Project description:
This is a fraud analytics project where I explored anomaly detection and classification techniques using a combination of statistical methods, machine learning models, and deployment workflows in KNIME.

• Applied outlier detection (IQR), Decision Trees, Random Forest, Gradient Boosting, Logistic Regression, and Autoencoders
• Performed feature engineering and model-specific preprocessing to improve detection performance
• Designed a 3-layer hybrid architecture combining Autoencoder, Decision Tree, and Quartile-based validation
• Simulated deployment with email alerts for suspicious transactions
• Main tools used: KNIME Analytics Platform, Machine Learning, Feature Engineering
• Key findings showed that combining models improves fraud detection performance, with a strong focus on identifying the minority class and enabling real-time monitoring

Project description:
This project focuses on automating customer support email handling using AI and workflow automation tools, improving efficiency, reducing manual effort, and enhancing response time.

• Automated classification of emails into complaints or information requests using NLP
• Performed sentiment analysis, language detection, urgency detection, and TIN extraction
• Generated structured request summaries to support operational decision-making
• Implemented automated workflows with Power Automate for email processing and task orchestration
• Integrated AI Builder to extract invoice data from PDF attachments
• Stored and managed data using Excel and OneDrive
• Created tasks and approval flows for customer support teams
• Sent real-time alerts via Microsoft Teams for urgent requests
• Main tools used: Power Automate, AI Builder, NLP, Excel, OneDrive, Microsoft Teams
• The system streamlines customer support operations by automating repetitive tasks, improving data consistency, and enabling faster and more structured request resolution

Project description:
This is a customer analytics and machine learning project focused on predicting airline passenger satisfaction and identifying the key drivers behind customer experience.

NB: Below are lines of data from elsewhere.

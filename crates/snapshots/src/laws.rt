//! Theorems over the definitions alone. Each is the contract of a function that does nothing.
ghost use Rattle.snapshots.specs.Laws.{SnapshotsRestore};

/// What is stored of a valid state tells that state, but for where its sessions stand.
pub fn snapshots_restore()
    ensures { SnapshotsRestore }
{}
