//! A kept state from a state that was read: its tree, and what is kept beside that.
ghost use Rattle.std.specs.Prelude.{◌≡◌, ◌∷◌, ◌++◌, ◌||◌, ◌==◌, ◌≤◌, ◌+◌, ℕ, List, [], IfOk};
ghost use Rattle.std.specs.Prelude.{IsTrue, OnOk, Some, if◌then◌else◌, length};
ghost use Rattle.hac_model.specs.Tree as tree;
ghost use Rattle.hac_model.specs.Tree.{entry_at};
ghost use Rattle.hac_model.specs.Tree.Facts.{edges_to};
ghost use Rattle.hac_model.specs.Tree.Valid.{IsValid};
ghost use Rattle.hac_model.specs.declared.marks.Kind.TheVariants.{Permanent, Prohibited};
ghost use Rattle.hac_model.specs.declared.states.Entry.{Entry};
ghost use Rattle.dep_graph.specs.Graphs.{edges_of, replaced};
ghost use Rattle.kept_facts.specs.AnswersKept.{list_at};
ghost use Rattle.layout_check.specs.Rising.{DoRise};
ghost use Rattle.link_kinds.specs.Seen.{ChangesDir, SameLinks, has_sets, lists_in};
ghost use Rattle.snapshots.specs.Loading.{AreBeside, AreSoundMarks, IsNew, marked_all};

use dep_graph::Graph;
use file_tree::Tree;
use hac_model::{Answer, Body, Entry, Kind, Memory, Number, Query, Seq, State};
use indexmap::IndexMap;
use kept_facts::{Lists, edges_of};
use kept_state::KeptState;
use layout_check::counts_of;
use link_kinds::Links;
use state_check::directories_among;
use std::alloc::Global;

/// What is kept of a state beside its tree.
#[derive(Drop)]
pub(crate) struct Beside {
    // The marks of semantic directories.
    pub(crate) marks: Links,
    // The answers that mounts keep.
    pub(crate) answers: Lists,
    // What each semantic directory depends on.
    pub(crate) graph: Graph,
}

/// The state as a machine keeps it, for one that is valid and has no sessions. It wants memory for
/// what is kept, and moves the texts.
pub(crate) fn load(alloc: Global, state: State) -> Result<KeptState, Memory>
    requires valid { IsValid state }
    requires sessions { state.sessions ≡ [] }
    ensures { IfOk result (λ kept. kept ≡ record { state = state; ready = [] }) }
{
    let beside = kept_beside(alloc, state.entries.as_slice())?;
    let counts = counts_of(&state);
    match Tree::load(alloc, state, counts) {
        Ok(tree) => Ok(KeptState::of_parts(
            alloc,
            tree,
            beside.marks,
            beside.answers,
            beside.graph,
        )),
        Err(memory) => {
            drop(beside);
            Err(memory)
        }
    }
}

/// What is kept beside the tree of these entries.
fn kept_beside(alloc: Global, entries: &[Entry]) -> Result<Beside, Memory>
    requires rise { DoRise entries.now }
    requires sound { AreSoundMarks entries.now }
    ensures { IfOk result (AreBeside (tree.is_directory_at entries.now) entries.now) }
{
    let mut beside = Beside {
        marks: Links::new(alloc),
        answers: IndexMap::new(alloc),
        graph: Graph::new(alloc),
    };
    match beside.keep_all(alloc, entries) {
        Ok(()) => Ok(beside),
        Err(memory) => {
            drop(beside);
            Err(memory)
        }
    }
}

impl Beside {
    /// Keeps what each of the entries tells. Nothing is kept before.
    fn keep_all(&mut self, alloc: Global, entries: &[Entry]) -> Result<(), Memory>
        requires rise { DoRise entries.now }
        requires sound { AreSoundMarks entries.now }
        requires none { AreBeside (tree.is_directory_at entries.now) [] self.old }
        ensures { OnOk result
            (AreBeside (tree.is_directory_at entries.now) entries.now self.new) }
    {
        for entry in entries {
            self.keep(alloc, entries, entry)?;
        }
        Ok(())
    }

    /// Keeps what an entry tells, of which nothing is kept yet.
    fn keep(&mut self, alloc: Global, entries: &[Entry], entry: &Entry) -> Result<(), Memory>
        requires rise { DoRise entries.now }
        ensures { (before : List Entry) → IsNew before entry.now →
            AreBeside (tree.is_directory_at entries.now) before self.old →
            OnOk result (AreBeside (tree.is_directory_at entries.now)
            (before ++ entry.now ∷ []) self.new) }
    {
        match &entry.body {
            Body::Semantic {
                query,
                permanent,
                prohibited,
            } => {
                let edges = edges(alloc, entries, entry.parent, query, permanent.as_slice())?;
                keep_edges(&mut self.graph, entry.number, edges)?;
                keep_marks(
                    &mut self.marks,
                    entry.number,
                    permanent.as_slice(),
                    prohibited.as_slice(),
                )
            }
            Body::Mount { answers, .. } => {
                keep_answers(alloc, &mut self.answers, entry.number, answers.as_slice())
            }
            Body::File { .. } | Body::Dir | Body::Symlink { .. } | Body::Document => Ok(()),
        }
    }
}

/// Lets a mount keep its answers.
fn keep_answers(
    alloc: Global,
    lists: &mut Lists,
    mount: Number,
    answers: &[Answer],
) -> Result<(), Memory>
    ensures { OnOk result ((number : ℕ) → list_at lists.new number ≡
        (if number == mount then answers.now else list_at lists.old number)) }
{
    let answers = copies(alloc, answers)?;
    lists.insert(mount.get(), Seq::new(answers))?;
    Ok(())
}

/// The same answers once more.
pub(crate) fn copies(alloc: Global, answers: &[Answer]) -> Result<Vec<Answer>, Memory>
    ensures { IfOk result (λ copies. copies.items ≡ answers.now) }
{
    let mut copies = Vec::new(alloc);
    'answers: for answer in answers {
        copies.push(copy(answer)?)?;
    }
    Ok(copies)
}

fn copy(answer: &Answer) -> Result<Answer, Memory>
    ensures { IfOk result (λ copy. copy ≡ answer.now) }
{
    let term = answer.term.clone()?;
    let documents = answer.documents.clone()?;
    Ok(Answer { term, documents })
}

/// What a directory depends on that is in another one, asks a query and has these marks.
fn edges(
    alloc: Global,
    entries: &[Entry],
    parent: Number,
    query: &Query<Number>,
    permanent: &[Number],
) -> Result<Vec<Number>, Memory>
    requires { DoRise entries.now }
    ensures { IfOk result (λ edges. edges.items ≡ edges_to (tree.is_directory_at entries.now)
        parent (Some query.now) permanent.now) }
{
    let lenders = directories_among(alloc, entries, permanent)?;
    edges_of(alloc, parent, query, lenders.as_slice())
}

/// Gives a directory its edges.
fn keep_edges(graph: &mut Graph, dir: Number, edges: Vec<Number>) -> Result<(), Memory>
    ensures { OnOk result ((q : ℕ) →
        edges_of graph.new q ≡ replaced (edges_of graph.old) dir edges.items q) }
{
    let new = graph.prepare_edges(dir, edges)?;
    graph.set_edges(new);
    Ok(())
}

/// Gives a directory its marks.
fn keep_marks(
    marks: &mut Links,
    dir: Number,
    permanent: &[Number],
    prohibited: &[Number],
) -> Result<(), Memory>
    ensures lists { OnOk result (ChangesDir marks.old marks.new dir
        (marked_all Prohibited prohibited.now
        (marked_all Permanent permanent.now (lists_in marks.old dir)))) }
    ensures sets { OnOk result
        ((d : ℕ) → has_sets marks.new d ≡ (has_sets marks.old d || d == dir)) }
{
    marks.prepare(dir, (permanent.len() + prohibited.len()) as u64)?;
    mark_all(marks, dir, permanent, Kind::Permanent);
    mark_all(marks, dir, prohibited, Kind::Prohibited);
    Ok(())
}

/// Marks items and directories in a directory, for which there is room.
fn mark_all(marks: &mut Links, dir: Number, numbers: &[Number], kind: Kind)
    requires sets { IsTrue (has_sets marks.old dir) }
    requires room { length numbers.now ≤ marks.old.spare }
    ensures lists { ChangesDir marks.old marks.new dir
        (marked_all kind numbers.now (lists_in marks.old dir)) }
    ensures sets { SameLinks marks.old marks.new }
    ensures room { marks.old.spare ≤ marks.new.spare + length numbers.now }
{
    for number in numbers {
        marks.set_kind(dir, *number, kind);
    }
}
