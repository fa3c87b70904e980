//! The state that a snapshot tells: the documents are among the entries again, all in order.
ghost use Rattle.std.specs.Prelude.{◌≡◌, ◌++◌, IfOk, OnOk, flat_map};
ghost use Rattle.hac_model.specs.Payload.States.{by_number, entries_in, restored};

use hac_model::{Body, Entry, Memory, Seq, Snapshot, State, StoredEntry};
use std::alloc::Global;

/// The state that a snapshot tells, which may be one that can't be. The texts are moved, not
/// copied.
pub(crate) fn restored(alloc: Global, snapshot: Snapshot) -> Result<State, Memory>
    ensures { IfOk result (λ state. state ≡ restored snapshot) }
{
    let Snapshot {
        version,
        next,
        entries,
    } = snapshot;
    let entries = in_order(all_entries(alloc, entries)?)?;
    Ok(State {
        version,
        next,
        entries: Seq::new(entries),
        sessions: Seq::new(Vec::new(alloc)),
    })
}

/// The entries, each with the documents that are listed with it behind it.
fn all_entries(alloc: Global, stored: Seq<StoredEntry>) -> Result<Vec<Entry>, Memory>
    ensures { IfOk result (λ entries. entries.items ≡ flat_map entries_in stored) }
{
    let mut entries = Vec::new(alloc);
    for entry in stored.into_vec() {
        push_entries(&mut entries, entry)?;
    }
    Ok(entries)
}

/// Puts an entry and the documents that are listed with it behind the others.
fn push_entries(entries: &mut Vec<Entry>, stored: StoredEntry) -> Result<(), Memory>
    ensures { OnOk result (entries.new.items ≡ entries.old.items ++ entries_in stored) }
{
    let StoredEntry { entry, documents } = stored;
    let parent = entry.number;
    entries.push(entry)?;
    for document in documents.into_vec() {
        entries.push(Entry {
            number: document.number,
            parent,
            name: document.name,
            body: Body::Document,
        })?;
    }
    Ok(())
}

/// The entries in order of their numbers. Those that have one number stay as they stand.
fn in_order(mut entries: Vec<Entry>) -> Result<Vec<Entry>, Memory>
    ensures { IfOk result (λ ordered. ordered.items ≡ by_number entries.items) }
{
    entries.sort_by_key(|entry| entry.number)?;
    Ok(entries)
}
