//! What is stored of a state that is kept. The state stays as it is: all is copied.
ghost use Rattle.std.specs.Prelude.{◌≡◌, ◌++◌, IfOk, IsSome, IsTrue, OnOk, Some};
ghost use Rattle.std.specs.List.{flat_map};
ghost use Rattle.std.specs.Option.{option_copied, option_map};
ghost use Rattle.hac_model.specs.Payload.States.{snapshot_of, stored_entry};
ghost use Rattle.hac_model.specs.Tree.Links.{is_semantic};
ghost use Rattle.hac_model.specs.Tree.{body_at, entry_at, is_file_at, is_mount_at, is_symlink_at};
ghost use Rattle.set_pool.specs.Rising.{first_from};
ghost use Rattle.snapshots.specs.Taking.{document_at, documents_of, marked_at, stored_at};

use crate::loading::copies;
use file_tree::Tree;
use hac_model::{
    Body, Document, Entry, EntryKind, Kind, Memory, Node, Number, Query, Seq, Snapshot,
    StoredEntry, Text,
};
use kept_state::KeptState;
use std::alloc::Global;
use tiered_list::Items;

/// What is stored of a state. Where its sessions stand is left out. It copies the texts.
pub fn snapshot(alloc: Global, kept: &KeptState) -> Result<Snapshot, Memory>
    ensures { IfOk result (λ snapshot. snapshot ≡ snapshot_of kept.now.state) }
{
    let entries = stored_entries(alloc, kept)?;
    let tree = kept.tree();
    Ok(Snapshot {
        version: tree.version(),
        next: tree.next_number(),
        entries: Seq::new(entries),
    })
}

/// The entries but the documents, in order of number.
fn stored_entries(alloc: Global, kept: &KeptState) -> Result<Vec<StoredEntry>, Memory>
    ensures { IfOk result (λ entries. entries.items ≡ (snapshot_of kept.now.state).entries) }
{
    kept.know_valid();
    let mut entries = Vec::new(alloc);
    for number in kept.numbers(alloc)? {
        push_stored(alloc, &mut entries, kept, number)?;
    }
    Ok(entries)
}

/// Adds what is stored of a number: nothing where it is no entry's, or a document's.
fn push_stored(
    alloc: Global,
    entries: &mut Vec<StoredEntry>,
    kept: &KeptState,
    number: Number,
) -> Result<(), Memory>
    ensures { OnOk result (entries.new.items
        ≡ entries.old.items ++ stored_at kept.now.state number) }
{
    let tree = kept.tree();
    if tree.has_entry(number) && !tree.is_document(number) {
        entries.push(stored(alloc, kept, number)?)?;
    }
    Ok(())
}

/// An entry as it is stored.
fn stored(alloc: Global, kept: &KeptState, number: Number) -> Result<StoredEntry, Memory>
    requires { IsSome (entry_at kept.now.state.entries number) }
    ensures { IfOk result (λ stored. option_map (stored_entry kept.now.state)
        (entry_at kept.now.state.entries number) ≡ Some stored) }
{
    let entry = entry(alloc, kept, number)?;
    match documents(alloc, kept, number) {
        Ok(documents) => Ok(StoredEntry {
            entry,
            documents: Seq::new(documents),
        }),
        Err(memory) => {
            drop(entry);
            Err(memory)
        }
    }
}

/// The documents of a mount, in order of their names. What is no mount has none.
fn documents(alloc: Global, kept: &KeptState, mount: Number) -> Result<Vec<Document>, Memory>
    ensures { IfOk result (λ documents. documents.items ≡ documents_of kept.now.state mount) }
{
    let tree = kept.tree();
    tree.know_layout();
    documents_among(alloc, tree, &tree.children(mount))
}

/// The documents that have one of these numbers.
fn documents_among(alloc: Global, tree: &Tree, numbers: &Items) -> Result<Vec<Document>, Memory>
    ensures { IfOk result (λ documents. documents.items
        ≡ flat_map (document_at tree.now.state) numbers.now) }
{
    let mut documents = Vec::new(alloc);
    'numbers: for place in 0..numbers.len() {
        push_document(&mut documents, tree, numbers.at(place))?;
    }
    Ok(documents)
}

/// Adds the document that has a number, if one has it.
fn push_document(documents: &mut Vec<Document>, tree: &Tree, number: Number) -> Result<(), Memory>
    ensures { OnOk result (documents.new.items
        ≡ documents.old.items ++ document_at tree.now.state number) }
{
    if tree.is_document(number) {
        let name = tree.name_of(number).clone()?;
        documents.push(Document { number, name })?;
    }
    Ok(())
}

/// The entry of a number.
fn entry(alloc: Global, kept: &KeptState, number: Number) -> Result<Entry, Memory>
    requires { IsSome (entry_at kept.now.state.entries number) }
    ensures { IfOk result (λ entry. entry_at kept.now.state.entries number ≡ Some entry) }
{
    let tree = kept.tree();
    let parent = tree.parent(number);
    let body = body(alloc, kept, number)?;
    match tree.name_of(number).clone() {
        Ok(name) => Ok(Entry {
            number,
            parent,
            name,
            body,
        }),
        Err(fault) => {
            drop(body);
            Err(fault.into())
        }
    }
}

/// What an entry is.
fn body(alloc: Global, kept: &KeptState, number: Number) -> Result<Body, Memory>
    requires { IsSome (entry_at kept.now.state.entries number) }
    ensures { IfOk result (λ body. body_at kept.now.state.entries number ≡ Some body) }
{
    match kept.tree().kind(number) {
        EntryKind::File => file(alloc, kept, number),
        EntryKind::Dir => Ok(Body::Dir),
        EntryKind::Symlink => symlink(alloc, kept, number),
        EntryKind::Semantic => semantic(alloc, kept, number),
        EntryKind::Mount => mount(alloc, kept, number),
        EntryKind::Document => Ok(Body::Document),
    }
}

fn file(alloc: Global, kept: &KeptState, file: Number) -> Result<Body, Memory>
    requires { IsTrue (is_file_at kept.now.state.entries file) }
    ensures { IfOk result (λ body. body_at kept.now.state.entries file ≡ Some body) }
{
    let tree = kept.tree();
    let dirty = tree.dirty(file);
    let text = text(alloc, tree.text(file))?;
    match shown(alloc, tree.shown(file)) {
        Ok(shown) => Ok(Body::File { text, dirty, shown }),
        Err(memory) => {
            drop(text);
            Err(memory)
        }
    }
}

/// The text as it was last indexed, if it ever was.
fn shown(alloc: Global, bytes: Option<&[u8]>) -> Result<Option<Text>, Memory>
    ensures { IfOk result (λ shown. shown ≡ option_copied bytes.entry) }
{
    match bytes {
        Some(bytes) => Ok(Some(text(alloc, bytes)?)),
        None => Ok(None),
    }
}

fn text(alloc: Global, bytes: &[u8]) -> Result<Text, Memory>
    ensures { IfOk result (λ text. text ≡ bytes.now) }
{
    Ok(Seq::new(Vec::from_slice(alloc, bytes)?))
}

fn symlink(alloc: Global, kept: &KeptState, link: Number) -> Result<Body, Memory>
    requires { IsTrue (is_symlink_at kept.now.state.entries link) }
    ensures { IfOk result (λ body. body_at kept.now.state.entries link ≡ Some body) }
{
    let Some(target) = kept.tree().target(link) else {
        unreachable!();
    };
    let target = text(alloc, target.as_slice())?;
    Ok(Body::Symlink { target })
}

fn semantic(alloc: Global, kept: &KeptState, dir: Number) -> Result<Body, Memory>
    requires { IsTrue (is_semantic kept.now.state dir) }
    ensures { IfOk result (λ body. body_at kept.now.state.entries dir ≡ Some body) }
{
    let Some(query) = kept.tree().query(dir) else {
        unreachable!();
    };
    let permanent = Seq::new(marked(alloc, kept, dir, Kind::Permanent)?);
    let prohibited = Seq::new(marked(alloc, kept, dir, Kind::Prohibited)?);
    let query = query_copy(alloc, query)?;
    Ok(Body::Semantic {
        query,
        permanent,
        prohibited,
    })
}

/// The same query once more. It goes down as deep as the query does.
fn query_copy(alloc: Global, query: &Query<Number>) -> Result<Query<Number>, Memory>
    ensures { IfOk result (λ copy. copy ≡ query.now) }
{
    match &query.node {
        Node::Term(term) => Ok(Query::term(term.clone()?)),
        Node::Dir(dir) => Ok(Query::dir(*dir)),
        Node::Not(query) => {
            let inner = query_copy(alloc, query)?;
            Ok(Query::negation(alloc, inner)?)
        }
        Node::And(left, right) => {
            let first = query_copy(alloc, left)?;
            let second = query_copy(alloc, right)?;
            Ok(Query::both(alloc, first, second)?)
        }
        Node::Or(left, right) => {
            let first = query_copy(alloc, left)?;
            let second = query_copy(alloc, right)?;
            Ok(Query::either(alloc, first, second)?)
        }
    }
}

/// The items and directories that have a mark of this kind in a directory, in order of number.
fn marked(alloc: Global, kept: &KeptState, dir: Number, kind: Kind) -> Result<Vec<Number>, Memory>
    ensures { IfOk result (λ numbers. numbers.items ≡ marked_at kept.now.state dir kind) }
{
    kept.know_valid();
    let mut numbers = Vec::new(alloc);
    let mut from: u64 = 0;
    'marks: while let Some(number) = next_marked(kept, dir, kind, Number::new(from)) {
        numbers.push(number)?;
        from = number.get() + 1;
    }
    Ok(numbers)
}

/// The first of them that isn't below a number.
fn next_marked(kept: &KeptState, dir: Number, kind: Kind, from: Number) -> Option<Number>
    ensures { result ≡ first_from from (marked_at kept.now.state dir kind) }
{
    match kind {
        Kind::Permanent => kept.marks().permanent_from(dir, from),
        Kind::Prohibited => kept.marks().prohibited_from(dir, from),
        Kind::Transient | Kind::Unlinked => None,
    }
}

fn mount(alloc: Global, kept: &KeptState, mount: Number) -> Result<Body, Memory>
    requires { IsTrue (is_mount_at kept.now.state.entries mount) }
    ensures { IfOk result (λ body. body_at kept.now.state.entries mount ≡ Some body) }
{
    let Some(space) = kept.tree().space(mount) else {
        unreachable!();
    };
    let answers = Seq::new(copies(alloc, kept.answers_of(mount))?);
    match space.clone() {
        Ok(space) => Ok(Body::Mount { space, answers }),
        Err(fault) => {
            drop(answers);
            Err(fault.into())
        }
    }
}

• Performed EDA, correlation analysis, and PCA, identifying 6 latent components of service experience
• Tested multiple models including Logistic Regression, Decision Trees, Random Forest, Bagging, Gradient Boosting, XGBoost and Neural Networks
• Applied GridSearchCV for model tuning
• Main tools used: Python, Pandas, Scikit-learn, XGBoost, SHAP
• Key findings showed that satisfaction is primarily driven by Seat comfort, Customer Type, Type of Travel and service-related variables, while PCA reduced model performance and neural networks were not necessary given the strong performance of tree-based models.